One person remained who could lawfully act to expose judicial crimes. One person could lawfully expose the sedition. There is little information to indicate where 'sheriffs' lost their power. As Chief Law Enforcement Officers in the County, the Sheriff could lawfully prosecute and expose judicial corruption. The Sheriffs began to be convinced that they were NOT the Chief Law Enforcement Officer. It was the judges, lawyers and District Attorney who convinced, manipulated, litigated and diminished the power of the Sheriff. Judges wrote decisions which indicated the sheriff never had any constitutional power. The Sheriffs accepted their diminished responsibilities, without valid explanation, or necessary constitutional action, as the District Attorneys and the judges usurped the power of the Sheriff. There was no entity in law enforcement who could prosecute the sedition. |
LOGIC SO FLAWED AS TO EXPOSE ITS MOTIVE INTENT AND NATURE.
After Rule 1.6 was enacted... An Operation like 'Graylord' would have only prosecuted ONLY one person. The man who reported the corruption to the FBI.
UNDER Rule 1.6, the prosecutor who reported the corruption would face charges of treason, fraud, and prosecution to the fullest extent of the LAW. It was against the law for the District Attorney or Attorney General to prosecute corruption in their county or state.
"But, judges DO get caught in corruption and prosecuted."
Yes, there have been some cases where judicial corruption has been prosecuted. When that has happened it has been at a Federal level, outside of the state jurisdiction.
Additionally, Federal authorities will NOT normally enter a state jurisdiction unless invited by the Attorney General or District Attorney to investigate. (BUT, the law made illegal for the DA or the AG to contact federal authorities.)
On those very rare occasions where a member of the judiciary is prosecuted for crime or corruption another activity occurs which clearly demonstrates the true motive and intent of the LAW. Rule 1.6 is modified.
A review of the dates that Rule 1.6 has been modified in each of the states shows a direct correlation between a judge being exposed and prosecuted and the subsequent modification to the Rules of Professional Conduct which prevents any judge from 'getting caught like that' again. The loopholes get closed. It becomes more and more difficult to address judicial corruption. It is logical that the 'license for corruption' would be edited ONLY when it failed. Other Pennsylvania edits point towards the Cash For Kids scandal. A judge was prosecuted, the loophole was addressed.

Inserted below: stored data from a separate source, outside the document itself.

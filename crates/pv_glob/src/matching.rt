//! Which names and paths elements match.
ghost use Rattle.std.specs.Prelude.{◌≡◌, ◌∷◌, true, false, length};
ghost use Rattle.std.specs.Cmp.Lexicographic.{pointwise};
ghost use Rattle.pv_glob.specs.Matching.{byte_matches, component_matches, matches, name_matches};
ghost use Rattle.pv_path.specs.Paths.{has_staging};

use crate::element::{Component, Element};
use pv_path::{Name, is_staging};

/// Returns whether an element for one byte matches this byte, which is not a period at the beginning of a name.
fn byte_matches(element: &Element, byte: u8) -> bool
    ensures { result ≡ byte_matches element.now false byte }
{
    match element {
        Element::Byte(wanted) => byte == *wanted,
        Element::Any => true,
        Element::Many => false,
        Element::OneOf(set) => set.has(byte),
    }
}

/// Returns whether elements match the rest of a name, or a name that does not begin with a period.
///
/// If a match fails, only the last `*` needs to take one byte more.
fn rest_matches(elements: &[Element], name: &[u8]) -> bool
    ensures { result ≡ name_matches elements.now false name.now }
{
    let mut rest = elements;
    let mut left = name;
    let mut last_many: Option<(&[Element], &[u8])> = None;
    loop {
        match (rest, left) {
            ([Element::Many, behind @ ..], _) => {
                last_many = Some((behind, left));
                rest = behind;
            }
            ([element, behind @ ..], [byte, more @ ..]) if byte_matches(element, *byte) => {
                rest = behind;
                left = more;
            }
            ([], []) => return true,
            _ => match last_many {
                Some((behind, [_, more @ ..])) => {
                    last_many = Some((behind, more));
                    rest = behind;
                    left = more;
                }
                _ => return false,
            },
        }
    }
}

/// Returns whether elements match the name of a period and then these bytes.
fn hidden_matches(elements: &[Element], left: &[u8]) -> bool
    ensures { result ≡ name_matches elements.now true (46 ∷ left.now) }
{
    for (i, element) in elements.iter().enumerate() {
        match element {
            Element::Many => {}
            Element::Byte(wanted) => return *wanted == b'.'
                && rest_matches(&elements[i + 1..], left),
            _ => return false,
        }
    }
    false
}

/// Returns whether a component matches a whole name.
fn component_matches(elements: &[Element], name: &[u8]) -> bool
    ensures { result ≡ component_matches elements.now name.now }
{
    match name {
        [] => rest_matches(elements, name),
        [first, left @ ..] => {
            if *first == b'.' {
                hidden_matches(elements, left)
            } else {
                rest_matches(elements, name)
            }
        }
    }
}

/// Returns whether each component matches the name at the same index.
fn all_match(components: &[Component], names: &[Name]) -> bool
    requires { length components.now ≡ length names.now }
    ensures { result ≡ pointwise component_matches components.now names.now }
{
    components.iter().zip(names).all(|(component, name)| component_matches(
        component.as_slice(),
        name.bytes(),
    ))
}

/// Returns whether at least one name is a staging name.
fn has_staging(names: &[Name]) -> bool
    ensures { result ≡ has_staging names.now }
{
    names.iter().any(|name| is_staging(name.bytes()))
}

/// Returns whether there are as many components as names, each matches its name, and no name is a staging name.
pub(crate) fn names_match(components: &[Component], names: &[Name]) -> bool
    ensures { result ≡ matches components.now names.now }
{
    if components.len() != names.len() {
        return false;
    }
    !has_staging(names) && all_match(components, names)
}
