//! Which elements of a component may take the next byte of a name.
ghost use Rattle.std.specs.Prelude.{◌≡◌, ◌+◌, ◌<◌, ◌≤◌, ◌∷◌, ◌++◌, [], All, length, drop, IfOk, if◌then◌else◌};
ghost use Rattle.pv_glob.specs.Pairs.{behind, element_at, is_many, past_stars, stars, takers, takes};

use crate::element::Element;
use std::alloc::{AllocError, Global};

/// Returns whether an element takes a byte. `first` says whether it is the first byte of a name.
fn takes(element: &Element, first: bool, byte: u8) -> bool
    ensures { result ≡ takes element.now first byte }
{
    let hiding = first && byte == b'.';
    match element {
        Element::Byte(wanted) => byte == *wanted,
        Element::Any | Element::Many => !hiding,
        Element::OneOf(set) => !hiding && set.has(byte),
    }
}

/// Returns whether an element is `*`.
pub(crate) fn is_many(element: &Element) -> bool
    ensures { result ≡ is_many element.now }
{
    matches!(element, Element::Many)
}

/// Returns whether the element at an index takes a byte.
pub(crate) fn takes_at(elements: &[Element], at: usize, first: bool, byte: u8) -> bool
    requires { at < length elements.now }
    ensures { result ≡ takes (element_at elements.now at) first byte }
{
    takes(&elements[at], first, byte)
}

/// Returns the index at which a component goes on after the element at `at` took a byte.
pub(crate) fn behind(elements: &[Element], at: usize) -> usize
    requires { at < length elements.now }
    ensures value { result ≡ behind elements.now at }
    ensures inside { result ≤ length elements.now }
{
    if is_many(&elements[at]) { at } else { at + 1 }
}

/// Returns how many `*` the elements begin with.
fn stars(elements: &[Element]) -> usize
    ensures value { result ≡ stars elements.now }
    ensures inside { result ≤ length elements.now }
{
    elements
        .iter()
        .take_while(|element| is_many(element))
        .count()
}

/// Returns the first index from `at` on whose element is not `*`, or the length.
pub(crate) fn past_stars(elements: &[Element], at: usize) -> usize
    requires { at ≤ length elements.now }
    ensures value { result ≡ past_stars elements.now at }
    ensures inside { result ≤ length elements.now }
{
    at + stars(&elements[at..])
}

/// Returns the indices of the elements that may take the next byte.
pub(crate) fn takers(
    alloc: Global,
    elements: &[Element],
    at: usize,
) -> Result<Vec<usize>, AllocError>
    requires { at ≤ length elements.now }
    ensures value { IfOk result (λ places. places.items ≡ takers elements.now at) }
    ensures inside { IfOk result (λ places. All (λ place. place < length elements.now) places.items) }
{
    let mut places = Vec::new(alloc);
    if at < elements.len() && is_many(&elements[at]) {
        places.push(at)?;
    }
    let place = past_stars(elements, at);
    if place < elements.len() {
        places.push(place)?;
    }
    Ok(places)
}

INTEGRITY. HONOR. JUSTICE.
The integrity of the judiciary is important and essential. TRUE.
EPIC FAILURE. The integrity of the judiciary is protected by making it illegal to prosecute the judges for crimes. It further prosecutes anyone who would make the attempt. MANDATING judicial corruption where it violates morality, ethics, law, and the CONSTITUTION. A victim is further victimized in each attempt at presenting the matter to any court in the state. The individual is further prevented from the assistance of federal authorities who will not enter a jurisdiction without the invitation of a District Attorney or Attorney General.
SO FLAWED A THOUGHT PROCESS, IT COULD NEVER HAPPEN. People would rise up in indignation if something like that ever happened in the USA. It would be reported by the media. 1) The Legislatures would never permit that to occur. 2) A Governor would never sign THAT law. 3) The state courts would overturn it.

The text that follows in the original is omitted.